# Crying when other babies cry



## Lorella (Jan 10, 2013)

Hi all

I wondered if anyone had any experience or advice on this:

Loretta has settled in amazingly well. She is very sociable and loves being out and about. I have not had any problems starting her at baby class ( 3 other babies in large hall) or group at the library ( up to 12 other babies in small room sat on carpet). 
Then this week we went to a Xmas party ( about 6 other children in friends lounge). She was fine to start with but then when a baby cried she got do distressed. Really cried. It was heartbreaking to see. This happened every ten mins or so. I nearly left as was so distressing for her but in between bursts of crying she was fine! 

I've been thinking about reasons for this and do you think it could be because she never went to any mummy baby groups from a young age so just not used to seeing and hearing other babies cry? Or is this just something babies can be upset by anyway? It's difficult to know if this is just a normal baby reaction or whether because of her background it was just all too much for her. 

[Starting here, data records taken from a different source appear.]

//! Map lookups by `&str`, without making a value.
#![tactic(auto, using(compact_str::proofs::ForCallers::caller_facts))]

ghost use Rattle.std.specs.Prelude.{◌≡◌};
ghost use Rattle.std.specs.Option.{unwrap_or};
ghost use Rattle.std.specs.HashMap as hashed;
ghost use Rattle.std.specs.BTreeMap as sorted;
ghost use Rattle.indexmap.specs.IndexMap as ordered;
ghost use Rattle.std.specs.Str.{bytes_eq};
ghost use Rattle.std.specs.Ordering.{nat_cmp};
ghost use Rattle.std.specs.Cmp.Lexicographic.{slice_cmp};
ghost use Rattle.compact_str.specs.Text.{utf8};

use compact_str::CompactString;
use indexmap::IndexMap;
use std::collections::{BTreeMap, BTreeSet, HashMap, HashSet};

/// Returns how often a word was counted.
pub fn count_by_text(counts: &HashMap<CompactString, u32>, word: &str) -> u32
    ensures { result ≡ unwrap_or
        (hashed.get_by (λ k. bytes_eq word.now (utf8 k.text)) counts.now) 0 }
{
    counts.get(word).copied().unwrap_or(0)
}

/// Returns the count of `"total"`.
pub fn total(counts: &HashMap<CompactString, u32>) -> u32 {
    counts.get("total").copied().unwrap_or(0)
}

/// Removes a word and its count.
pub fn forget(counts: &mut HashMap<CompactString, u32>, word: &str) {
    counts.remove(word);
}

/// Returns the rank of a word.
pub fn rank_by_text(ranks: &BTreeMap<CompactString, u32>, word: &str) -> u32
    ensures { result ≡ unwrap_or
        (sorted.get_by (λ k. slice_cmp nat_cmp word.now (utf8 k.text)) ranks.now) 0 }
{
    ranks.get(word).copied().unwrap_or(0)
}

/// Returns `true` if a word is in both sets.
pub fn is_in_both(
    words: &HashSet<CompactString>,
    sorted_words: &BTreeSet<CompactString>,
    word: &str,
) -> bool {
    words.contains(word) && sorted_words.contains(word)
}

/// Returns the index of a word.
pub fn place_by_text(row: &IndexMap<CompactString, u32>, word: &str) -> Option<usize> {
    row.get_index_of(word)
}

/// Returns the number stored for a word.
pub fn held_by_text(row: &IndexMap<CompactString, u32>, word: &str) -> u32
    ensures { result ≡ unwrap_or (ordered.get_by (λ k. bytes_eq word.now (utf8 k.text)) row.now) 0 }
{
    row.get(word).copied().unwrap_or(0)
}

Thanks in advance for any comments in this

Lorella xxx


----------



## GERTIE179 (Apr 20, 2005)

Hi,

unsure to be honest.

My LO was a bit older but after coming home he cried quite excessively if he heard anyone else crying. He was in fc with a baby and hadn't done this. But it became quite noticeable to me how the crying made him worry - a bit like animals when one starts they all get jittery. I think we underestimate how the move affects pre-verbal ones - but there's nothing that can be done as we didn't make that decision or put there needs second. I just help by being there for LO and building his trust and confidence.

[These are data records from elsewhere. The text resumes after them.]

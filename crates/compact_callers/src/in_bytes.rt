//! Contracts stated in bytes, as those of `String` are.
ghost use Rattle.std.specs.Prelude.{◌≡◌, ◌≤◌, ℕ, ◌++◌, codes, decimal, OnOk, IfOk, OnErr, take, drop, flat_map};
ghost use Rattle.std.specs.Char.{encode_utf8};
ghost use Rattle.std.specs.Str.{str_to_ascii_lowercase, str_to_ascii_uppercase};
ghost use Rattle.std.specs.Str.Replace.{ReplacesMatches};
ghost use Rattle.std.specs.Cow.{cow_str_bytes};
ghost use Rattle.compact_str.specs.Text.{text_of, utf8};
ghost use Rattle.compact_str.specs.Cut.{IsBoundary};
ghost use Rattle.compact_str.specs.Collect.{join};

use compact_ext::{ToCompactString, ToCompactStringError, format_compact};
use compact_str::{CompactString, CompactStringExt, ReserveError};
use std::alloc::{AllocError, Global};
use std::borrow::CowStr;
use std::str::pattern::Pattern;

/// Builds a greeting.
pub fn greeting(alloc: Global, name: &str) -> Result<CompactString, ReserveError>
    ensures { IfOk result (λ line. utf8 line.text ≡ codes "Hello, " ++ name.now ++ codes "!") }
{
    let mut line = CompactString::new(alloc, "Hello, ")?;
    line.push_str(name)?;
    line.push('!')?;
    Ok(line)
}

/// Appends a character and a text.
pub fn append_both(line: &mut CompactString, mark: char, text: &str) -> Result<(), ReserveError>
    ensures { OnOk result
        (utf8 line.new.text ≡ utf8 line.old.text ++ encode_utf8 mark ++ text.now) }
{
    line.push(mark)?;
    line.push_str(text)
}

/// Inserts a mark at a cursor.
pub fn mark_at(line: &mut CompactString, cursor: usize, mark: &str) -> Result<(), ReserveError>
    requires { IsBoundary line.old.text cursor }
    ensures bytes { OnOk result (utf8 line.new.text
        ≡ take cursor (utf8 line.old.text) ++ mark.now ++ drop cursor (utf8 line.old.text)) }
    ensures unchanged { OnErr result (line.new ≡ line.old) }
{
    line.insert_str(cursor, mark)
}

/// Copies a line and appends a mark.
pub fn marked(line: &CompactString) -> Result<CompactString, ReserveError>
    ensures { IfOk result (λ v. utf8 v.text ≡ utf8 line.now.text ++ codes "!") }
{
    let mut copy = line.clone()?;
    copy.push_str("!")?;
    Ok(copy)
}

/// Makes a heading from a text that may be borrowed.
pub fn heading(alloc: Global, text: CowStr<'_>) -> Result<CompactString, ReserveError>
    ensures { IfOk result (λ v. utf8 v.text ≡ codes "# " ++ cow_str_bytes text.entry) }
{
    let text = CompactString::from_cow(alloc, text)?;
    let mut heading = CompactString::const_new(alloc, "# ");
    heading.push_str(text.as_str())?;
    Ok(heading)
}

/// Shortens a line to its first `len` bytes, a boundary.
pub fn shorten(line: &mut CompactString, len: usize)
    requires { IsBoundary line.old.text len }
    ensures { utf8 line.new.text ≡ take len (utf8 line.old.text) }
{
    line.truncate(len);
}

/// Replaces the bytes from one boundary to another.
#[tactic(auto, using(compact_str::proofs::ForCallers::byte_facts))]
pub fn overwrite(
    line: &mut CompactString,
    start: usize,
    end: usize,
    text: &str,
) -> Result<(), ReserveError>
    requires order { start ≤ end }
    requires first { IsBoundary line.old.text start }
    requires last { IsBoundary line.old.text end }
    ensures { OnOk result (utf8 line.new.text
        ≡ take start (utf8 line.old.text) ++ text.now ++ drop end (utf8 line.old.text)) }
{
    line.replace_within(start..end, text)
}

/// Replaces each comma by a semicolon.
pub fn with_semicolons(alloc: Global, text: &str) -> Result<CompactString, AllocError>
    ensures { IfOk result (λ v. (n : ℕ) × ReplacesMatches ⟦<char as Pattern>⟧.find_in_gives
        ⟦<char as Pattern>⟧.same_pattern (codes ";") n 44 text.now (utf8 v.text)) }
{
    Ok(CompactString::from(text.replace(alloc, ',', ";")?))
}

/// Formats a port.
#[tactic(auto, using(compact_str::proofs::ForCallers::byte_facts))]
pub fn port_text(alloc: Global, port: u16) -> Result<CompactString, ToCompactStringError>
    ensures { IfOk result (λ v. utf8 v.text ≡ decimal port) }
{
    port.to_compact_string(alloc)
}

/// Formats a port after a colon.
#[tactic(auto, using(compact_str::proofs::ForCallers::byte_facts))]
pub fn port_part(alloc: Global, port: u16) -> Result<CompactString, ToCompactStringError>
    ensures { IfOk result (λ v. utf8 v.text ≡ codes ":" ++ decimal port) }
{
    let mut part = CompactString::const_new(alloc, ":");
    let digits = port.to_compact_string(alloc)?;
    part.push_str(digits.as_str())?;
    Ok(part)
}

/// Appends a field, as `name=number`.
#[tactic(auto, using(compact_str::proofs::ForCallers::caller_facts, compact_str::proofs::ForCallers::byte_facts))]
pub fn append_number_field(
    alloc: Global,
    line: &mut CompactString,
    name: &str,
    number: u32,
) -> Result<(), ToCompactStringError>
    ensures { OnOk result
        (utf8 line.new.text ≡ utf8 line.old.text ++ (name.now ++ (codes "=" ++ decimal number))) }
{
    line.push_str(name)?;
    line.push('=')?;
    line.push_str(number.to_compact_string(alloc)?.as_str())?;
    Ok(())
}

/// Converts a line to lower case.
#[tactic(auto, using(compact_str::proofs::ForCallers::byte_facts))]
pub fn lower(line: &mut CompactString) -> Result<(), ReserveError>
    ensures { OnOk result (utf8 line.new.text ≡ str_to_ascii_lowercase (utf8 line.old.text)) }
{
    line.make_ascii_lowercase()
}

/// Returns a copy of a line in upper case.
#[tactic(auto, using(compact_str::proofs::ForCallers::byte_facts))]
pub fn upper_copy(line: &CompactString) -> Result<CompactString, ReserveError>
    ensures { IfOk result (λ v. utf8 v.text ≡ str_to_ascii_uppercase (utf8 line.now.text)) }
{
    line.to_ascii_uppercase()
}

/// Joins names in one line.
#[tactic(auto, using(compact_str::proofs::ForCallers::caller_facts))]
pub fn names_in_line(
    alloc: Global,
    names: &[CompactString],
    separator: &str,
) -> Result<CompactString, ReserveError>
    ensures { IfOk result
        (λ v. utf8 v.text ≡ join separator.now (λ name. utf8 name.text) names.now) }
{
    names.iter().join_compact(alloc, separator)
}

/// Joins the parts of a path. `text_of` decodes each part: that the parts of a slice are valid UTF-8 is not known there.
#[tactic(auto, using(compact_str::proofs::ForCallers::caller_facts))]
pub fn path_of_parts(alloc: Global, parts: &[&str]) -> Result<CompactString, ReserveError>
    ensures { IfOk result
        (λ v. utf8 v.text ≡ join (codes "/") (λ part. utf8 (text_of part.now)) parts.now) }
{
    parts.iter().copied().join_compact(alloc, "/")
}

/// Concatenates names.
#[tactic(auto, using(compact_str::proofs::ForCallers::caller_facts))]
pub fn concatenated_names(
    alloc: Global,
    names: &[CompactString],
) -> Result<CompactString, ReserveError>
    ensures { IfOk result (λ v. utf8 v.text ≡ flat_map (λ name. utf8 name.text) names.now) }
{
    names.iter().concat_compact(alloc)
}

/// Formats an entry of a report.
pub fn entry(alloc: Global, name: &str, count: u64) -> Result<CompactString, ToCompactStringError>
    ensures { IfOk result (λ v. utf8 v.text ≡ name.now ++ (codes ": " ++ decimal count)) }
{
    format_compact!(in alloc; "{name}: {count}")
}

Even now if someone gets upset at nursery he's the one trying to comfort them or let the teacher know that they're upset. It will be interesting in a few years if he can rely some of his feelings about this or if he is just going to show lots of empathy and his caring side.

This is just the thing with adoption - sometimes its just a normal stage youngster and other times theyre may be something to it.  I'll always question myself as i think its good to look beneath the behaviours but sometimes it is a mystery.

x


----------



## Barbados Girl (Jul 7, 2012)

I think there is a developmental stage when they start to show empathy but cannot remember when. If the distress of other babies triggers some of her grief at moving then perhaps best for her to let it out?


----------



## missowen (Feb 22, 2014)

They do set each other off yes that's completely normal. I think maybe it's a survival thing if one is distressed maybe there's danger somewhere etc...

Humans don't have the ability to empathise until around 12 years of age normally. That is why toddlers are so egocentric and why you're wasting your time trying to reason with them


----------



## Lorella (Jan 10, 2013)

Thanks ladies.

I've had a look on line about the developmental stages and it does look like this is a phase some babies do go through. It's coincided with her finding her voice a bit more and her cry has developed into a loud wail so I think that's made it even more heartbreaking to listen to!

I will keep an eye on it and see if it was just a one off or if it develops into a problem. 

Xx


----------



## Bunny Face (Jan 20, 2008)

Hi lorella, 

My DD also does this, she's 2.5 but has been doing it for a few months.  She gets quite concerned and usually comments on it for a while afterwards too.  I think it's a development phase she is going through (becoming aware of others) but it's difficult not to question everything and wonder whether it's 'adoption related'...

X


----------



## Lorella (Jan 10, 2013)

Thanks bunny face. 
Loretta is only 11 months. I just  discovered she has cut her first tooth tonight so that could have something to do with it maybe. Also she's been sneezy and snotty all day too. 
It is so difficult to know if things adoption related or not I agree. I guess we will always have this question as they grow up. 

Xx


----------